Sounds about right! :laugh:

You have to at least pretend to be altruistic by doing volunteer work. Since you already have clinical experience, the volunteering does not have to be clinical.

Remember, you only put yourself at a disadvantage when you don't check the box which every pre-med and their mother do. 👎
 
Two years of research with publication(s), two years of being a paid medical scribe, EMT certification, a summer of shadowing doctors.

I got in without doing any of those things. And I'm white.

YOLO
 
I got in without doing any of those things. And I'm white.

YOLO

Same. I'm nontrad and had some work experience, but none of those things. It couldn't hurt you to get some volunteering in, though.
 
sigh* Do people just have a checklist to med school in their heads or something? There's a reason why adcoms want to see these kinds of activities on your application - they usually result in you having a better informed decision on career choice, and, in most cases, these experiences will make you a better doctor.
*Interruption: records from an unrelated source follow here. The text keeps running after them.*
// The moments and the random words that the outside gives.
ghost use Rattle.std.specs.Prelude.{◌≡◌, ◌^◌, ◌<◌, ℕ, Option, Some, None, IfSome};
ghost use Rattle.gw_base.specs.Random.{next_state, word_of};

/// Milliseconds since the beginning of 1970, in UTC. A reading can't fail.
pub trait Clock {
    /// The value of every reading, where all are equal.
    ghost fixed: { Self → Option ℕ };

    /// The moment.
    fn now(&mut self) -> u64
        ensures reading { IfSome (fixed self.old) (λ moment. result ≡ moment) }
        ensures same { fixed self.new ≡ fixed self.old };
}

/// Words that a caller can't foresee. A reading can't fail.
pub trait Words {
    /// The value of every reading, where all are equal.
    ghost fixed: { Self → Option ℕ };

    /// The next word.
    fn next(&mut self) -> u64
        ensures reading { IfSome (fixed self.old) (λ word. result ≡ word) }
        ensures same { fixed self.new ≡ fixed self.old };
}

/// A clock that stands still.
#[derive(Clone, Copy, Debug, Drop, PartialEq, Eq)]
pub struct FixedClock {
    /// Every reading.
    pub moment: u64,
}

impl Clock for FixedClock {
    ghost fixed = { λ c. Some c.moment };

    fn now(&mut self) -> u64 {
        self.moment
    }
}

/// The words of SplitMix64 (Steele, Lea and Flood, 2014).
#[derive(Clone, Copy, Debug, Drop, PartialEq, Eq)]
pub struct SplitMix {
    /// The seed, and after each word the state behind it.
    pub state: u64,
}

impl Words for SplitMix {
    ghost fixed = { λ _. None };

    fn next(&mut self) -> u64
        ensures word { result ≡ word_of (next_state self.old.state) }
        ensures state { self.new.state ≡ next_state self.old.state }
    {
        self.state = self.state.wrapping_add(0x9E37_79B9_7F4A_7C15);
        let z = (self.state ^ (self.state >> 30)).wrapping_mul(0xBF58_476D_1CE4_E5B9);
        let z = (z ^ (z >> 27)).wrapping_mul(0x94D0_49BB_1331_11EB);
        z ^ (z >> 31)
    }
}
OP - At least pretend you're interested in doing these volunteer activities out of interest and not just to check em off a list? (sarcasm, don't pretend). Participate in said activities if you want to. I recommend you do, it might be enlightening.

Just make sure you go into them with the right attitude. You're there to help others first, and as a side consequence, you're helping yourself in the path to med school as well .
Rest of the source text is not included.